UDF implementation and considerations for hive

Source: Internet
Author: User

Hive itself Query Language hql can complete most of the functions, but encountered special needs, it is necessary to write their own UDF implementation. The following is a complete case.

1. Writing UDFs in Eclipse

The ① project adds hive to all the jar packages under Lib and share under Hadoop-common-2.5.1.jar in Hadoop (Hadoop is now the latest version number 2.5.1).
②udf class to inherit the Org.apache.hadoop.hive.ql.exec.UDF class. class to implement the Evaluate.

When we use our own UDF in Hive, Hive invokes the Evaluate method in the class to implement a specific function
③ Export the project as a jar file.
Note: The JDK for the project is consistent with the JDK of the cluster.


Detailed Examples:

Package com.zx.hive.udf;
Import Org.apache.hadoop.hive.ql.exec.UDF;
public class Udftestlength extends udf{public    Integer Evaluate (String s)    {        if (s==null)        {            return null;        } else{            return s.length ();}}    
To make the above class into a jar, I use Eclipse to export directly to the Test-udf.jar package. Then put it in the/root folder.



2. Define the function call procedure yourself :

① Add jar package (run in hive command line)
hive> add Jar/root/test-udf.jar;

② creates a temporary function that is invalidated when the Hive command line is closed.
Hive> Create temporary function testlength as ' com.zx.hive.udf.UdfTestLength ';

③ Call
Hive> Select ID, name, testlength (name) from student;

④ saving query results to HDFs

hive> CREATE table result row format delimited fields terminated by ' \ t ' as select ID,testlength(Nation) from Student

(Reprint Please specify, many other contents see:http://blog.csdn.net/hwwn2009/article/details/41289197)

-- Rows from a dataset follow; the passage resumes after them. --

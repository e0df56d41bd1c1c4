//! What holds of a chassis after any moves, whoever makes them and in whatever order: laws, as functions that do
//! nothing.
ghost use Rattle.gp_chassis.specs.World.{BalanceLasts, SoundnessLasts, PortsReplay, EveryRunHolds};

/// States that after any moves each licence is free, in an actor's hands, or with an active unit.
pub fn balance_lasts()
    ensures { BalanceLasts }
{}

/// States that after any moves every port is sound.
pub fn soundness_lasts()
    ensures { SoundnessLasts }
{}

/// States that after any moves the entries of each port are a run from where it stood to where it stands.
pub fn ports_replay()
    ensures { PortsReplay }
{}

/// States what holds after any moves from the opening of a chassis: each port's entries are a run, no two active units
/// of a port share an ONU-ID or an Alloc-ID, a disabled serial number holds none, and no licence was made or lost.
pub fn every_run_holds()
    ensures { EveryRunHolds }
{}
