//! Second pools with the same numbers out and cooling, for an image of a port. The leases stay those of the first.
ghost use Rattle.std.specs.Prelude.{◌≡◌};
ghost use Rattle.std.specs.FinMap as map;

use super::alloc_ids::AllocIds;
use super::onu_ids::OnuIds;

impl OnuIds {
    /// Makes a second pool with the same ONU-IDs out and cooling. The leases stay those of the first: of the second,
    /// only settled numbers may be leased again.
    pub fn copy(&self) -> OnuIds
        ensures { result ≡ self.now }
    {
        OnuIds {
            pool: self.pool.copy(),
            cooling: self.cooling.copy(),
        }
    }

    /// Tells for how many frames more the ONU-ID cools; None where it doesn't.
    pub fn frames_left(&self, number: u8) -> Option<u16>
        ensures { result ≡ map.get self.now.quarantine.cooling number }
    {
        self.cooling.frames_left(number)
    }
}

impl AllocIds {
    /// Makes a second pool with the same Alloc-IDs out. The leases stay those of the first: of the second, only settled
    /// numbers may be leased again.
    pub fn copy(&self) -> AllocIds
        ensures { result ≡ self.now }
    {
        AllocIds {
            pool: self.pool.copy(),
        }
    }
}
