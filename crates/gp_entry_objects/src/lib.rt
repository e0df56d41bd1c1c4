//! What a trace says of an entry is told as JSON by its fields, each event, reply, refusal, message, grant and alarm.
//!
//! Promise: the object of the line of an entry has its fields, and is never `{"line":..}` (`entry_is_told`). It holds
//! of each entry that `gp_trace` writes, under whatever mask its codes are told.
//!
//! - `entry.rt`: `entry_is_told`. `held.rt`: what the types of an entry hold, by which its parts are told.
//!
//! Where to make which change: a new word of `gp_trace` needs its place among the slots of `gp_json`, and its case in
//! the proof, in `proofs/EventLemmas.antt` or `proofs/AnswerLemmas.antt`.
#![tactic(auto)]

mod entry;
mod held;

pub use entry::entry_is_told;
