//! The pools of ONU-IDs and Alloc-IDs of a port. A number is handed out as a lease, which can't be
//! dropped: it goes back to its pool, or is settled there and leased again. A freed ONU-ID cools for the
//! port's quarantine before it is handed out anew.
//!
//! Promise: a lease is of a free number, and None comes exactly where none is free; a freed ONU-ID cools for its
//! quarantine (`OnuIds::take`, `give_back`, `tick`, `AllocIds::take`).
//!
//! - `onu_ids.rt`: the ONU-IDs, a `NumberPool` with its `Cooling`; change there what a unit's number is.
//! - `alloc_ids.rt`: the further Alloc-IDs, a `NumberPool`.
//! - `named_leases.rt`: the number that would be leased next, and leases of a number that the caller names.
//! - `number_pool.rt`: which numbers are leased and settled, as two sets of bits, and the choice of the next one.
//! - `cooling.rt`: how long a freed number stays away. A frame in which none leaves looks at none.
//! - `copies.rt`: a second pool with the same numbers out, for an image of a port.
//! - `allocs.rt`: the further Alloc-IDs of one unit, plain data in eight places.
//! - `place.rt`: one of these places, in four octets: rows, answers and entries of journals have eight each.
//! - `alloc_leases.rt`: the leases of these, one spent value.
//! - `limits.rt`: the law that the constants are the numbers of `specs/`.
//!
//! `specs/` has the pools and the places as contracts see them, `proofs/` the lemmas.
#![tactic(auto)]

mod alloc_ids;
mod alloc_leases;
mod allocs;
mod cooling;
mod copies;
mod limits;
mod named_leases;
mod number_pool;
mod onu_ids;
mod place;

pub use alloc_ids::{AllocIds, AllocLease, FIRST_ALLOC_ID, LAST_ALLOC_ID};
pub use alloc_leases::AllocLeases;
pub use allocs::{Allocs, MAX_ALLOCS};
pub use cooling::MAX_QUARANTINE;
pub use limits::numbers_are_limited;
pub use onu_ids::{OnuIds, OnuLease};
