// The numbers of a line of a script of cases.
#![tactic(auto)]

ghost use Rattle.std.specs.Prelude.{◌≡◌, ◌∷◌, IfOk};
ghost use Rattle.std.specs.Vec.Iter.{into_iter_items, into_iter_len};

use anyhow::Context;
use std::alloc::Global;
use std::num::ParseIntError;
use std::str::{FromStr, SplitWhitespace};
use std::vec::IntoIter;

/// The numbers of a line that are left, taken one after the other.
#[derive(Drop)]
pub struct Numbers<T> {
    left: IntoIter<T>,
}

impl<T: FromStr<Err = ParseIntError> + Drop> Numbers<T> {
    /// Reads all numbers of a line, before the first is taken.
    pub fn read(heap: Global, words: SplitWhitespace<'_>) -> anyhow::Result<Numbers<T>> {
        let mut numbers = Vec::new(heap);
        for word in words {
            numbers.push(word.parse::<T>()?)?;
        }
        Ok(Numbers {
            left: numbers.into_iter(),
        })
    }

    /// The next number.
    pub fn next(&mut self) -> anyhow::Result<T>
        ensures { IfOk result (λ n. into_iter_items self.old.left ≡ n ∷ into_iter_items self.new.left) }
    {
        self.left.next().context("a number is missing")
    }

    /// How many numbers are left.
    pub fn count(&self) -> usize
        ensures { result ≡ into_iter_len self.now.left }
    {
        self.left.len()
    }
}

#[cfg(test)]
mod tests {
    use super::Numbers;

    #[test]
    fn numbers_are_taken_in_order(rt: HostRuntime) {
        let told = match Numbers::<u16>::read(rt.alloc(), "7 65535".split_whitespace()) {
            Ok(mut numbers) => {
                let first = numbers.next().unwrap_or(0);
                let left = numbers.count();
                let second = numbers.next().unwrap_or(0);
                first == 7 && left == 1 && second == 65_535 && numbers.next().is_err()
            }
            Err(_) => false,
        };
        assert!(rt; told);
    }
}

3, the problem encountered:

① need to refer to a third-party package in two ways:

1) When executing hive hql, manually add the jar package required by the UDF via the Add statement: Add Jar/root/***.jar (Test pass).
2) Install Eclipse plugin: Fatjar (test pass)

Online installation Fatjar:
Eclipse Menu bar Help >software updates >search for new features to install>new update site>
Fill in the name and URL
Name: Write a fat bar at random
URL: This is the address input for the Fat jar Http://kurucz-grafika.de/fatjar

To use the Fatjar packaging method:



② program needs to read external resources

First, the external resource is added before the UDF executes, and the command add file [file] is used for a temporary registration in hive.
The file address that is called internally in the UDF is represented directly by the local file address.

For example: String filepath = "/home/dev/test/test.txt", after uploading to hive. The external file address only needs to be changed to string filepath = "./test.txt";

(Reprint Please specify, many other contents see:http://blog.csdn.net/hwwn2009/article/details/41289197)

UDF implementation and considerations for hive

Contact Us

The content source of this page is from Internet, which doesn't represent Alibaba Cloud's opinion; products and services mentioned on that page don't have any relationship with Alibaba Cloud. If the content of the page makes you feel confusing, please write us an email, we will handle the problem within 5 days after receiving your email.

If you find any instances of plagiarism from the community, please send an email to: info-contact@alibabacloud.com and provide relevant evidence. A staff member will contact you within 5 working days.

A Free Trial That Lets You Build Big!

Start building with 50+ products and up to 12 months usage for Elastic Compute Service

  • Sales Support

    1 on 1 presale consultation

  • After-Sales Support

    24/7 Technical Support 6 Free Tickets per Quarter Faster Response

  • Alibaba Cloud offers highly flexible support services tailored to meet your exact needs.